(Entries shown)

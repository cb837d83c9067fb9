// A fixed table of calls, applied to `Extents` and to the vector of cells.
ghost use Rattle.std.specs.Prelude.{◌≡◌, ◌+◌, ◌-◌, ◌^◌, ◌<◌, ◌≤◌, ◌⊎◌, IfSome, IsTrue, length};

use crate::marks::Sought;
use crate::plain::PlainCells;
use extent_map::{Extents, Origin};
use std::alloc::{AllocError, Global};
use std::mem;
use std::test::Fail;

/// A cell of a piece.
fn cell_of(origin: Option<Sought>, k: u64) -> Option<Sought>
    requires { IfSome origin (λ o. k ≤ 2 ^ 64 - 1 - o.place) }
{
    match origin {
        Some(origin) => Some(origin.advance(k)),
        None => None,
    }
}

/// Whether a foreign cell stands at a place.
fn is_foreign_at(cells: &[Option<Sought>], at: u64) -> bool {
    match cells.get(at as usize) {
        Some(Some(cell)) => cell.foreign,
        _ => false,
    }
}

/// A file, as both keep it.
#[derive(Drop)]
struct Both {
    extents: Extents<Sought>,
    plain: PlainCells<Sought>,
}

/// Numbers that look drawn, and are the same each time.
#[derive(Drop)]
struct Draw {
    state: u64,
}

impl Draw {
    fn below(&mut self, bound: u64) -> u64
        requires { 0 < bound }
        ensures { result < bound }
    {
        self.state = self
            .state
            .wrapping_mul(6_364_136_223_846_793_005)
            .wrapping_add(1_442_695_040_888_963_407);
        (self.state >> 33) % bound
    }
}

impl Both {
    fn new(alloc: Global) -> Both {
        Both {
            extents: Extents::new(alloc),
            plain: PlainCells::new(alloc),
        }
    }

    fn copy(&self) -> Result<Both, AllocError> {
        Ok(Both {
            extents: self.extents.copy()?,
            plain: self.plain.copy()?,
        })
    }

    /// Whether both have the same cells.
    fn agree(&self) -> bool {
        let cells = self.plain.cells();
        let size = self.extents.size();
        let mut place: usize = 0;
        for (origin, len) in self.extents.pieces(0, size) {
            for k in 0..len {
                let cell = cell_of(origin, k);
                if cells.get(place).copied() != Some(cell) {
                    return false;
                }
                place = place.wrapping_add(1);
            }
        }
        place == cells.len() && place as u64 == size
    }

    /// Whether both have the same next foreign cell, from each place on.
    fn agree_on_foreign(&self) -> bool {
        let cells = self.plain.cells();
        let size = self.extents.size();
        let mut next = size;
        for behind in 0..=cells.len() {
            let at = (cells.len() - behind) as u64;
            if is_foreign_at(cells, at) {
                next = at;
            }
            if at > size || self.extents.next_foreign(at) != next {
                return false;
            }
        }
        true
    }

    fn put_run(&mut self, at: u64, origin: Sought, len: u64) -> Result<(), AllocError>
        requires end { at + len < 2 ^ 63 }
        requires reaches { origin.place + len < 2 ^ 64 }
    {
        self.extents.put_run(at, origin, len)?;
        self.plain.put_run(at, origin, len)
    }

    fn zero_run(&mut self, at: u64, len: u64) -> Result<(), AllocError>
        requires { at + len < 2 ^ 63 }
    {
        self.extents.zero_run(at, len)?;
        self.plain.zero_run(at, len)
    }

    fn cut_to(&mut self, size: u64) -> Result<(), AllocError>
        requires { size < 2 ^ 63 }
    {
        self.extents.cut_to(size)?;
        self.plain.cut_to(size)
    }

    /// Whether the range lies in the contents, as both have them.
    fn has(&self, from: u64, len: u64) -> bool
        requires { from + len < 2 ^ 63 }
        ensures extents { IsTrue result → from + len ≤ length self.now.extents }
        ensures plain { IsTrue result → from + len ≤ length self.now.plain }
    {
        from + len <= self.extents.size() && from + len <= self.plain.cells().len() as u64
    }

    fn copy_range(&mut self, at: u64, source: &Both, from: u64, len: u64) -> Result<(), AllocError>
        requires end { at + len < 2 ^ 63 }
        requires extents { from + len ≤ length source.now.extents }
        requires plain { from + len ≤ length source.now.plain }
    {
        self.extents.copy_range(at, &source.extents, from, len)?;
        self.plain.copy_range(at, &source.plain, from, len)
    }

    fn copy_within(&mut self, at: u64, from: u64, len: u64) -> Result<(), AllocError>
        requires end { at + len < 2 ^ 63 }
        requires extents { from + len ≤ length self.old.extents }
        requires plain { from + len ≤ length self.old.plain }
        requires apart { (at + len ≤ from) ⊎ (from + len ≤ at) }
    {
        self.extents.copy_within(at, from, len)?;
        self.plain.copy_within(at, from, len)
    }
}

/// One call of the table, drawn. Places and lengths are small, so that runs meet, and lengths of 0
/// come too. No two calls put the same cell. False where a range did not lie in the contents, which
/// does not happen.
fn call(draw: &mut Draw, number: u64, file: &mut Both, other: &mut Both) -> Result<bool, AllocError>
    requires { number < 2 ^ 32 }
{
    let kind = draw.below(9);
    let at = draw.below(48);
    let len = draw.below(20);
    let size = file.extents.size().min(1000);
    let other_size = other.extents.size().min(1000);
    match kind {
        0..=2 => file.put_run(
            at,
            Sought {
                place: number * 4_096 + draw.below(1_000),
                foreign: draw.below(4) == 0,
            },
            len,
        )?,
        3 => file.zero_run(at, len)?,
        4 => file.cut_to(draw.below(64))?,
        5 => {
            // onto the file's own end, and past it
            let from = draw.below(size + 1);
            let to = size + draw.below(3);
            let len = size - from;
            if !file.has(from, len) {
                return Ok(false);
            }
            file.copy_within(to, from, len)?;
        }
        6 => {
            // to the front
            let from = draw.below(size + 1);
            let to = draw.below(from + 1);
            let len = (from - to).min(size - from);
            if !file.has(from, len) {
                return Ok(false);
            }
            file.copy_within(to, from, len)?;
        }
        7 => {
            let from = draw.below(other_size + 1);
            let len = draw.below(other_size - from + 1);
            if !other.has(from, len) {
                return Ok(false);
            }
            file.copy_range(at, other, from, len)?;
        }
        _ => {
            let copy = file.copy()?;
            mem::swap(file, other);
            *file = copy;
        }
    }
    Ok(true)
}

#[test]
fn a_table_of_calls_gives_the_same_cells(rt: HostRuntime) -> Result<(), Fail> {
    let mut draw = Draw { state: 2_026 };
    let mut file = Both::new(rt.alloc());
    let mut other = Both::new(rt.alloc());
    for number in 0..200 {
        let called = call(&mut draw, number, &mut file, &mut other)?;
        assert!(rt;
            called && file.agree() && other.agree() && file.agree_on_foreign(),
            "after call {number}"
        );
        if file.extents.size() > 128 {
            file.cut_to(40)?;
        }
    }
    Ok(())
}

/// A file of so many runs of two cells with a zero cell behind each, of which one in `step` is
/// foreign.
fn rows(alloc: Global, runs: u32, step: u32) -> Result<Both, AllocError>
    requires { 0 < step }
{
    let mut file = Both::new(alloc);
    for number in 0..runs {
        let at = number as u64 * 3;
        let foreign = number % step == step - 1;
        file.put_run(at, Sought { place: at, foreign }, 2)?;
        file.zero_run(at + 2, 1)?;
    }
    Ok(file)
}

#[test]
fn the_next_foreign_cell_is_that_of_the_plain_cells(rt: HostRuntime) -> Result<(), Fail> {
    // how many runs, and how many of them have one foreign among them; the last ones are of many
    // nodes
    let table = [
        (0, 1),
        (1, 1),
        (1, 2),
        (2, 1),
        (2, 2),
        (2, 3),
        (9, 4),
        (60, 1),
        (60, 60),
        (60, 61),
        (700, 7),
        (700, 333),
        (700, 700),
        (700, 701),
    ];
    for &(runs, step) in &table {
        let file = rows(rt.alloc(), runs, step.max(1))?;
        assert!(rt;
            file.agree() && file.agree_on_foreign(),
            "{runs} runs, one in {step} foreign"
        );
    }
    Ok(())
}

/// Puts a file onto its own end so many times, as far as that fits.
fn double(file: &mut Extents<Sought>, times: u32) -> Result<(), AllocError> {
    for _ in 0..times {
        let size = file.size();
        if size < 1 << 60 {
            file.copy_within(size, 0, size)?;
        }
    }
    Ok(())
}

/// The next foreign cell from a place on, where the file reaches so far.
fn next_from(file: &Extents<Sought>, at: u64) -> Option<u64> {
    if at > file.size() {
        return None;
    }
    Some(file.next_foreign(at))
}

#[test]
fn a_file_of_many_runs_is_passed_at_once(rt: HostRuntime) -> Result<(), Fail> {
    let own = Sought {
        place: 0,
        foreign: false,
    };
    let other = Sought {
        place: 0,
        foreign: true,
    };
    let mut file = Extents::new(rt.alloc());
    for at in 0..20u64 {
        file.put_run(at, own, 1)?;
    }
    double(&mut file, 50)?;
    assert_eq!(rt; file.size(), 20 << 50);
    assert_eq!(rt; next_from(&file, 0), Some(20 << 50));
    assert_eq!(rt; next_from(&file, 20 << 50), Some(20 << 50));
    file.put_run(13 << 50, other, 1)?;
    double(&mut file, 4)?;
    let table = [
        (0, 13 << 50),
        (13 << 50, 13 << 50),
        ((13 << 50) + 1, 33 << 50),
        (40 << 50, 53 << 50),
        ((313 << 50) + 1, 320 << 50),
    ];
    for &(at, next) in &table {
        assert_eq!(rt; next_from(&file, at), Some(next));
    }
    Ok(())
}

(End Entries shown)
(Entries shown)

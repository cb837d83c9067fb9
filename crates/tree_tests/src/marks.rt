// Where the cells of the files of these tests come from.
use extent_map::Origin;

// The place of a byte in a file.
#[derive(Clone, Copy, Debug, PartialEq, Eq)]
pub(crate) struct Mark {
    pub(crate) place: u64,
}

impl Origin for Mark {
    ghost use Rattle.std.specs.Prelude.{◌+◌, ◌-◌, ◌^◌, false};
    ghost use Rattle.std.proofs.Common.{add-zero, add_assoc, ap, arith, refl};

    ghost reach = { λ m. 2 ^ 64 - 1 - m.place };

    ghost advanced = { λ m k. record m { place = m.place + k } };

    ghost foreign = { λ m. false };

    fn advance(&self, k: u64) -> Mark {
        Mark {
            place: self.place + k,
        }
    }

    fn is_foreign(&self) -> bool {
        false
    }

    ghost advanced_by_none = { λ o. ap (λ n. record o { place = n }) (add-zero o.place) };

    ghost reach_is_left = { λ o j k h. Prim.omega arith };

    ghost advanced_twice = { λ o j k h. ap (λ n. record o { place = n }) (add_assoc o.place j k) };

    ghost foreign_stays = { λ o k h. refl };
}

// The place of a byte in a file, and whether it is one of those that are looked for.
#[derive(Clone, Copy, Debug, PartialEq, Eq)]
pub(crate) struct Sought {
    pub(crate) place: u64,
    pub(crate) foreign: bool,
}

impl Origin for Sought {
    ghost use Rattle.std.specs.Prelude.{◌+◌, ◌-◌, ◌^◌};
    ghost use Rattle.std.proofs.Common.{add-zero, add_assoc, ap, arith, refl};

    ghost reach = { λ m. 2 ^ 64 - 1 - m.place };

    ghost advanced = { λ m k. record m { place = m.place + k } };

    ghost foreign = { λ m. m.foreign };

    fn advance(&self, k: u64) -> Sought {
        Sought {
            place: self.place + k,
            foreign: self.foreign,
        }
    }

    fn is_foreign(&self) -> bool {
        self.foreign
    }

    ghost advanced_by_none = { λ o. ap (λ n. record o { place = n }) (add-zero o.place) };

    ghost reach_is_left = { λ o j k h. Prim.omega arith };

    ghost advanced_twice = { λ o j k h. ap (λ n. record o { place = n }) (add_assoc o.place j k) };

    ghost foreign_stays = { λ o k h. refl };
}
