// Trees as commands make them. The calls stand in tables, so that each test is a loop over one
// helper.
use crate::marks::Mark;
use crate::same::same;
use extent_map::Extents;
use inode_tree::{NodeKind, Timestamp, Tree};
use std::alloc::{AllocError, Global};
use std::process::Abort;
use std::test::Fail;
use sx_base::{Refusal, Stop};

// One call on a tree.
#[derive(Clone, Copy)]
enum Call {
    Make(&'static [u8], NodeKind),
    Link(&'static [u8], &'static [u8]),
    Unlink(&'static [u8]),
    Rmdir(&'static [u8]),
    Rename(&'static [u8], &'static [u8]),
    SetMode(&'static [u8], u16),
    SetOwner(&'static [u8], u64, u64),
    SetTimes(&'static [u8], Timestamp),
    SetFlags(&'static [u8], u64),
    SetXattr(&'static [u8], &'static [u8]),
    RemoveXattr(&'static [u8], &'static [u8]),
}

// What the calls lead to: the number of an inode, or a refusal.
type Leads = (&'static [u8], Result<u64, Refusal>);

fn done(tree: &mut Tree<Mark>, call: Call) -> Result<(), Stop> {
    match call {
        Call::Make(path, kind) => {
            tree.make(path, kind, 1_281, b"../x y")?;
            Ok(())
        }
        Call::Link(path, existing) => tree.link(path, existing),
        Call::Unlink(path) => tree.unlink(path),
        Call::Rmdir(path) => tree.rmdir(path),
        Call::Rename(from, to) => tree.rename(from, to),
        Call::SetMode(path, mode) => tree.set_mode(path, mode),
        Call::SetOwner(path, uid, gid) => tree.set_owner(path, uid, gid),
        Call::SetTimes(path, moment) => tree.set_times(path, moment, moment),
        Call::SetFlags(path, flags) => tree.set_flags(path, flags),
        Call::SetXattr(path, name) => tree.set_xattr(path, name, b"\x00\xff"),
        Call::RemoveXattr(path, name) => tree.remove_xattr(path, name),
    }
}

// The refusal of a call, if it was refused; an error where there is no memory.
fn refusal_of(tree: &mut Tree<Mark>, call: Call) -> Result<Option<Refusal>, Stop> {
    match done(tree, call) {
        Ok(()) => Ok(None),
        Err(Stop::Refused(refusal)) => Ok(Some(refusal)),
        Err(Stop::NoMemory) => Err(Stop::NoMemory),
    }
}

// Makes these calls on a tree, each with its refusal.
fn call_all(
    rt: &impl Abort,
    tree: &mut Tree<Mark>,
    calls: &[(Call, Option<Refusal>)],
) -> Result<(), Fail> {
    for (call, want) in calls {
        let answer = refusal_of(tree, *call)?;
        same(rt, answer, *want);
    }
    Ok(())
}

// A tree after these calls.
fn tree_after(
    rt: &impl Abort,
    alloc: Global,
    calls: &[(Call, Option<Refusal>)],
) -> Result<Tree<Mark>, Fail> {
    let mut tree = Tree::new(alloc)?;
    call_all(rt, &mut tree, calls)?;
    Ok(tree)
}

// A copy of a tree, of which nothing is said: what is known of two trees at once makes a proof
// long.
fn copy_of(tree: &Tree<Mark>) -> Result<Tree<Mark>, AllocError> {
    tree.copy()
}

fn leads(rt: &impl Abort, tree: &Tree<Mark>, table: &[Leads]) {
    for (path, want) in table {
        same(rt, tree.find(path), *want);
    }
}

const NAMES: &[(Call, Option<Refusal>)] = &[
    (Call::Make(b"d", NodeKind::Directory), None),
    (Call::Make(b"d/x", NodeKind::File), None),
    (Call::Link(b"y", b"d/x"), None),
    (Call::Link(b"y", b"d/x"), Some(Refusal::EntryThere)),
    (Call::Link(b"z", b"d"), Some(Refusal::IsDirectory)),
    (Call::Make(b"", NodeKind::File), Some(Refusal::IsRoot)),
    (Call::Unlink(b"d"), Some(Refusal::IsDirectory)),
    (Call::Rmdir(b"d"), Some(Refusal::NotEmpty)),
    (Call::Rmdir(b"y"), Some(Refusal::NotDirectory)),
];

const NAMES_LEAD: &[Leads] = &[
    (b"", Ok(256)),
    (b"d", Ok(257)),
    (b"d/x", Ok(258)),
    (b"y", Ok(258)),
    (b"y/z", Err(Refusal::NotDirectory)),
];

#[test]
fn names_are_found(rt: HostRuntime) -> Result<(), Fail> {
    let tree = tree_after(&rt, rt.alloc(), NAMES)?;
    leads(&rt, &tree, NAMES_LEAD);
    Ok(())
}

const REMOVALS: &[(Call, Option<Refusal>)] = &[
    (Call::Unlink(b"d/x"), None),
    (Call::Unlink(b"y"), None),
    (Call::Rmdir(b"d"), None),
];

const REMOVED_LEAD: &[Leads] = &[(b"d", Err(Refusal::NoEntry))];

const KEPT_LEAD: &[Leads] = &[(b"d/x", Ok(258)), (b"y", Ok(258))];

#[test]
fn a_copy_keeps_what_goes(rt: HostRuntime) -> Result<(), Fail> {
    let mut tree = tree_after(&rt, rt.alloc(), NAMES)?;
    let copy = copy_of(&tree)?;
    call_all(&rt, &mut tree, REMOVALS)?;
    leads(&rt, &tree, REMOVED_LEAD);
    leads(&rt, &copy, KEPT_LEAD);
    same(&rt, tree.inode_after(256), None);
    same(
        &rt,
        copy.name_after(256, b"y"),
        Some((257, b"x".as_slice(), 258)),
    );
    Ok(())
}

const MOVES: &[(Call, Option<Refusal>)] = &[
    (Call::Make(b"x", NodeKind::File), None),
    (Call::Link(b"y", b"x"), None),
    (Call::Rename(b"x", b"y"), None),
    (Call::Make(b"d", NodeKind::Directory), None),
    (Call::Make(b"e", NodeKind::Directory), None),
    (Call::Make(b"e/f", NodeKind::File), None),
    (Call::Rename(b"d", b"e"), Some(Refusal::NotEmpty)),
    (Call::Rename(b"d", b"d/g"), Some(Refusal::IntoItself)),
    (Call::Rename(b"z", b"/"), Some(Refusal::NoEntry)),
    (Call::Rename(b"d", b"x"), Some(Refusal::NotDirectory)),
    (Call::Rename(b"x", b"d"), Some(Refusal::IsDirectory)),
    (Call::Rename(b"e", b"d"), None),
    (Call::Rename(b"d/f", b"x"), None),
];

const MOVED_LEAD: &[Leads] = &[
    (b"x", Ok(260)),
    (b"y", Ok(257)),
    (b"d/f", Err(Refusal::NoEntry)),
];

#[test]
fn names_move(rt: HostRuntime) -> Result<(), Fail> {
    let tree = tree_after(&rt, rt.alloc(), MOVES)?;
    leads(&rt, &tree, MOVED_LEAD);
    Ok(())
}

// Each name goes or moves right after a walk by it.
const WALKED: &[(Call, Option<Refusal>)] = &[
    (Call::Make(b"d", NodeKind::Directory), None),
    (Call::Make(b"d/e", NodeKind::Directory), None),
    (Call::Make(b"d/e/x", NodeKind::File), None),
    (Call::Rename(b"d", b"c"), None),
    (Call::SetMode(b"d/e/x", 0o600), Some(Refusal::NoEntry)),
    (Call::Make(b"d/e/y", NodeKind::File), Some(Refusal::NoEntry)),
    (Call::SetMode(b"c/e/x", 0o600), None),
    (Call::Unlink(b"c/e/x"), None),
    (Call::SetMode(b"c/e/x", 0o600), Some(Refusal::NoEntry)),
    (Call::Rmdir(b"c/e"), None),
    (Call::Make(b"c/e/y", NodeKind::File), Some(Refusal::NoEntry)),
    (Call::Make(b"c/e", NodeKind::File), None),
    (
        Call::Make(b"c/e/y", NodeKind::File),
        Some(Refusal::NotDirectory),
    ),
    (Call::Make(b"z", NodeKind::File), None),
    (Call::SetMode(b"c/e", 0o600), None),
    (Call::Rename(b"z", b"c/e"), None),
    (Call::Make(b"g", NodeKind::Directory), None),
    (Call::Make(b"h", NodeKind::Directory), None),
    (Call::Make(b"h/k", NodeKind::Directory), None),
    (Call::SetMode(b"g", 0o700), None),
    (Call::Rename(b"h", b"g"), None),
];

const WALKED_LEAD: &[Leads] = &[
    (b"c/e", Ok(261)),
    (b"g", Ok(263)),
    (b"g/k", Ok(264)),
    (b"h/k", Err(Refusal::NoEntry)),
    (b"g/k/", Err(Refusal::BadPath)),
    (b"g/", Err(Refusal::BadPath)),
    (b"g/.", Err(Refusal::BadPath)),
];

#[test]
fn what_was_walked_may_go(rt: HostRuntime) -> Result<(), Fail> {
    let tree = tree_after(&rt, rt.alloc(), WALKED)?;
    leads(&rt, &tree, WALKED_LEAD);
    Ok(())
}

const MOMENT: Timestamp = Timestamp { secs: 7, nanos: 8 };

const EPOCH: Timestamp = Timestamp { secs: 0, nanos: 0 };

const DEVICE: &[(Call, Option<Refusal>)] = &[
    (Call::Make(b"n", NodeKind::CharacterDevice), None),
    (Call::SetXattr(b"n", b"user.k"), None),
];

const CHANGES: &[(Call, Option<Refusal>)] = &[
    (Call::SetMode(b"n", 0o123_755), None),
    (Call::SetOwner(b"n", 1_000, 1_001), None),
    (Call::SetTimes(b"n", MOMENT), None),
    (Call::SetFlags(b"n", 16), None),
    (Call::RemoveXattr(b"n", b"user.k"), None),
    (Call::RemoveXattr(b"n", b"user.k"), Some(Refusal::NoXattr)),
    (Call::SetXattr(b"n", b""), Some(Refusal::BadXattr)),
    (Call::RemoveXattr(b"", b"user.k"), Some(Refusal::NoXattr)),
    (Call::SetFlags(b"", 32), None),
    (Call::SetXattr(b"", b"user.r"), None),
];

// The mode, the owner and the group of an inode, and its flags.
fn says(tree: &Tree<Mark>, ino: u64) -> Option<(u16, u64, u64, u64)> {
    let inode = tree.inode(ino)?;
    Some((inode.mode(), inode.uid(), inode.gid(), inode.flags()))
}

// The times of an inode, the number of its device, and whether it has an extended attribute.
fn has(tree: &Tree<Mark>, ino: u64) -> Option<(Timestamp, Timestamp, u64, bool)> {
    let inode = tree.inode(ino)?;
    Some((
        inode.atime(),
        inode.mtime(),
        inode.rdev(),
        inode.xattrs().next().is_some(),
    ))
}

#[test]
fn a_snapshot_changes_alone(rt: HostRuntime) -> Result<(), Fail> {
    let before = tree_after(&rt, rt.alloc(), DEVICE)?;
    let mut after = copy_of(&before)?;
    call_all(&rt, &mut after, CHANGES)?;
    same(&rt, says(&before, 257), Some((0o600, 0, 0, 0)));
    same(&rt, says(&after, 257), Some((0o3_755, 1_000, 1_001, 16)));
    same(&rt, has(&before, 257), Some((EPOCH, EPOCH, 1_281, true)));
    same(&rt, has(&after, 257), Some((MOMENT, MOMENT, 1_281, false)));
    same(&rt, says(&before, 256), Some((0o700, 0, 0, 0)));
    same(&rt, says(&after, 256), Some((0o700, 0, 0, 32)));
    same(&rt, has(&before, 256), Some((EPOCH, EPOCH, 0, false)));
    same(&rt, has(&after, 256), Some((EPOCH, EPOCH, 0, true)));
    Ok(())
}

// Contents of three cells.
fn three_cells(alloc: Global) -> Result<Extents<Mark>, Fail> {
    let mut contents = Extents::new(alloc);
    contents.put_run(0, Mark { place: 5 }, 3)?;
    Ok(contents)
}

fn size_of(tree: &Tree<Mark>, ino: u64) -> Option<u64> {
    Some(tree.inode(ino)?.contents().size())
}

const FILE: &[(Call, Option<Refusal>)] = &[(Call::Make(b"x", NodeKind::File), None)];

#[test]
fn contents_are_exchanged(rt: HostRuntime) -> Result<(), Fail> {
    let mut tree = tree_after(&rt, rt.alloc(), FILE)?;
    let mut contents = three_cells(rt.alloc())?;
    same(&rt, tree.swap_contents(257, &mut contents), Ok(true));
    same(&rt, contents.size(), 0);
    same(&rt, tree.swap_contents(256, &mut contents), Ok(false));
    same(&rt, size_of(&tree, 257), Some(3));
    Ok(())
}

(End Entries shown)
(Entries shown)

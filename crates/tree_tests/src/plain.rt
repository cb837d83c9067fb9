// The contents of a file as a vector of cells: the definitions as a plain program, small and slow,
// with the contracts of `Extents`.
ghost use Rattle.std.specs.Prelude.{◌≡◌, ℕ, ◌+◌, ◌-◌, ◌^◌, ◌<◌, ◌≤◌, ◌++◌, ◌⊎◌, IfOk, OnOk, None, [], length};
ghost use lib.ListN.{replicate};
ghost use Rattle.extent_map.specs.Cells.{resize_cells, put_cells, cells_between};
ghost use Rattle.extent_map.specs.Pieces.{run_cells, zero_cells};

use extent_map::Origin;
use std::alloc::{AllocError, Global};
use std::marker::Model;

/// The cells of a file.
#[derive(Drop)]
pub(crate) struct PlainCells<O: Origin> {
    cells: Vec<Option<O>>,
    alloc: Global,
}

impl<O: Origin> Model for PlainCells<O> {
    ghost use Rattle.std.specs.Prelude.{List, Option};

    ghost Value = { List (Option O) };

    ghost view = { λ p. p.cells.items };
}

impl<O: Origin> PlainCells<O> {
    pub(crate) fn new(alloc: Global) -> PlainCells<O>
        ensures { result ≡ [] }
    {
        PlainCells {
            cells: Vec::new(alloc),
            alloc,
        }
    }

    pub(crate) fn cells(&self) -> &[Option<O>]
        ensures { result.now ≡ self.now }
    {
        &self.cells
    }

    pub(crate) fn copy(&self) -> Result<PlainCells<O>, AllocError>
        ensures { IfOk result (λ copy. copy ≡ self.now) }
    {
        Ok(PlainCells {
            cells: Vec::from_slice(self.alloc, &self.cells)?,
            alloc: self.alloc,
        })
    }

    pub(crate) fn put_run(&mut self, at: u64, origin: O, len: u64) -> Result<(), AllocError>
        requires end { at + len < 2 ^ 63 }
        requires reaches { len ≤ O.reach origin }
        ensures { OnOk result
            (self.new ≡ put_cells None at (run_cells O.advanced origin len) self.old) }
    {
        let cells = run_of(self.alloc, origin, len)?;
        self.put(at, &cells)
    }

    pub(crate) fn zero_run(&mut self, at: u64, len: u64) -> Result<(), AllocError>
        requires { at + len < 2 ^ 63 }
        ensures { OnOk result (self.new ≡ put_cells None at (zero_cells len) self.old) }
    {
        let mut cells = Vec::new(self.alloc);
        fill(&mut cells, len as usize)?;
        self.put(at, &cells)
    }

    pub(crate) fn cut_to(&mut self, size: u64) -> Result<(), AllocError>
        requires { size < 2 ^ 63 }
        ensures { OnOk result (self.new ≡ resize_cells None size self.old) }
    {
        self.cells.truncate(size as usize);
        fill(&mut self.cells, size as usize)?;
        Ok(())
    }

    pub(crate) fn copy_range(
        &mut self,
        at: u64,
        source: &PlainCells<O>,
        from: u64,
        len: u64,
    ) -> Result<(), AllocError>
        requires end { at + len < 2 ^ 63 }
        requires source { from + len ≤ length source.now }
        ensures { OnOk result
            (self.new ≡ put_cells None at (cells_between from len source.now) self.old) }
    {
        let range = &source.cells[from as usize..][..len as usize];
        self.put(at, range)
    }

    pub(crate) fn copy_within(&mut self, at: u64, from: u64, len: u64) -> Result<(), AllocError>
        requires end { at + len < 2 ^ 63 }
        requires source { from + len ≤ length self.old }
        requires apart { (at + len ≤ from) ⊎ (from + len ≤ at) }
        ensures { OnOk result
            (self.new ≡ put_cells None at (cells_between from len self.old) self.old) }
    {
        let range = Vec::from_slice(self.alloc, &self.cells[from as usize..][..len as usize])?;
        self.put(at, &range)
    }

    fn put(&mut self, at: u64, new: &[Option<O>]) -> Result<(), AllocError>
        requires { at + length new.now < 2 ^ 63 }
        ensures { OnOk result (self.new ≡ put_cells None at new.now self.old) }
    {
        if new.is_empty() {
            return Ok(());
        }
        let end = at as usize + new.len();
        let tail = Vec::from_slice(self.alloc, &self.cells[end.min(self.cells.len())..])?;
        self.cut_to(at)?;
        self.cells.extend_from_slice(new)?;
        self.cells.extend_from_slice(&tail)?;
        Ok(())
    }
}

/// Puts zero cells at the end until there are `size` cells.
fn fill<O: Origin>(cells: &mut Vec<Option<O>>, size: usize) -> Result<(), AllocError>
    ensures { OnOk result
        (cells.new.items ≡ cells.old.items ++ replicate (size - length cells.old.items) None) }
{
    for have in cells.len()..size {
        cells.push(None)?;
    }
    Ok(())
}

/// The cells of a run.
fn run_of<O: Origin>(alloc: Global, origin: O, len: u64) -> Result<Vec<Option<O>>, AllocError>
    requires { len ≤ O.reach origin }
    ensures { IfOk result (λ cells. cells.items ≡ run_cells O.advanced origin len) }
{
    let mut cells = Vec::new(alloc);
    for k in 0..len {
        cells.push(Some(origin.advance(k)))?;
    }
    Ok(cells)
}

(End Entries shown)

From the records above, pull out each line that has "reaches".

Exercise output ::
        requires reaches { origin.place + len < 2 ^ 64 }
/// The next foreign cell from a place on, where the file reaches so far.
        requires reaches { len ≤ O.reach origin }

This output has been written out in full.